Thermocatalytic Decomposition of Dimethyl Methylphosphonate Based on CeO2 Catalysts with Different Morphologies

Abstract

The catalytic performances of the catalysts and decomposition mechanisms of dimethyl methylphosphonate (DMMP), a commonly used nerve agent simulant, are well understood based on previous studies. However, the effects of the morphology of the catalyst on DMMP decomposition performance and mechanisms remain unexplored. Thus, in this work, experimental studies were conducted on the thermocatalytic decomposition of DMMP on CeO2 nanomaterials with different morphologies, e.g., irregular nanoparticles, nanorods, and nanocubes. From the performance evaluation, CeO2 nanorods exhibited higher DMMP thermocatalytic decomposition performance as compared to irregular nanoparticles and nanocubes.

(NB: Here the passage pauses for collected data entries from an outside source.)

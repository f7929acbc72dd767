// The numbered answers of document 01 as one error enum. `specs/Numbers.antt` gives each case its number and values.
#![tactic(auto)]

ghost use Rattle.std.specs.Prelude.{◌≡◌};
ghost use Rattle.answers.specs.Numbers.{number_of, first_value};

// Why an input was refused: a case for each numbered answer, with the values that the document gives it.
#[derive(Clone, Copy, Debug, PartialEq, Eq)]
pub enum Refusal {
    Malformed,
    UnknownVersion,
    NetworkNotAllowed,
    NetworkFlagClear,
    NeedsVersionTwo,
    TooLarge,
    BadParameter { index: u32 },
    MissingOutput,
    BadOperand { index: u32 },
    BadNode { index: u32 },
    BadState { index: u32 },
    BadDelay { index: u32 },
    TableTooShort,
    RegistersLocked,
    BadStepList,
    SizesDiffer,
    UnknownParameter,
    ValueOutOfRange,
    // A position counts control and sample steps, each up to 2^32 - 1, so it can need 33 bits.
    StepRefused { position: u64 },
    WrongBlockCheck,
    BadFrame,
}

impl Refusal {
    // The document's number of a refusal.
    pub fn number(self) -> u32
        ensures { result ≡ number_of self }
    {
        match self {
            Refusal::Malformed => 1,
            Refusal::UnknownVersion => 2,
            Refusal::NetworkNotAllowed => 3,
            Refusal::NetworkFlagClear => 4,
            Refusal::NeedsVersionTwo => 5,
            Refusal::TooLarge => 6,
            Refusal::BadParameter { .. } => 7,
            Refusal::MissingOutput => 8,
            Refusal::BadOperand { .. } => 9,
            Refusal::BadNode { .. } => 10,
            Refusal::BadState { .. } => 11,
            Refusal::BadDelay { .. } => 12,
            Refusal::TableTooShort => 13,
            Refusal::RegistersLocked => 14,
            Refusal::BadStepList => 15,
            Refusal::SizesDiffer => 16,
            Refusal::UnknownParameter => 17,
            Refusal::ValueOutOfRange => 18,
            Refusal::StepRefused { .. } => 19,
            Refusal::WrongBlockCheck => 20,
            Refusal::BadFrame => 21,
        }
    }

    // The first value that a refusal carries, 0 where it carries none.
    pub fn value(self) -> u64
        ensures { result ≡ first_value self }
    {
        match self {
            Refusal::BadParameter { index }
            | Refusal::BadOperand { index }
            | Refusal::BadNode { index }
            | Refusal::BadState { index }
            | Refusal::BadDelay { index } => index as u64,
            Refusal::StepRefused { position } => position,
            _ => 0,
        }
    }
}
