// What is added up page by page, and what a page adds to W.
ghost use Rattle.std.specs.Prelude.{◌≡◌, ◌≤◌};
ghost use Rattle.rules.specs.Sums.{white_at};

use galley::Galley;

// X and W so far.
#[derive(Clone, Copy, PartialEq, Eq, Default, Debug)]
pub struct Sums {
    pub x: u32,
    pub white: u32,
}

// What a page of this loosest height adds to W: what it lacks of htMax, and nothing where it is the last.
pub fn white_at(g: Galley, last: bool, loose: u32) -> u32
    ensures { (result ≡ white_at g last loose) × (result ≤ g.spec.htmax) }
{
    if last {
        0
    } else {
        g.spec.htmax.saturating_sub(loose)
    }
}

The primary reaction pathways were the same on all three morphologies of materials, according to in situ diffuse reflectance infrared Fourier transform spectroscopy (DRIFTS) study, whereas side reaction paths showed variable behaviors. According to the catalytic reaction mechanism study, the surface lattice oxygen played a vital role in the thermocatalytic decomposition of DMMP and the accumulation of phosphates, carbonates, and formates were the main factors for deactivation of the catalyst. The behavior of CeO2 catalyst with different morphologies in the thermocatalytic decomposition of DMMP was revealed in this work, and this will be useful for the future design of high-performing catalysts for the efficient degradation of chemical toxicant.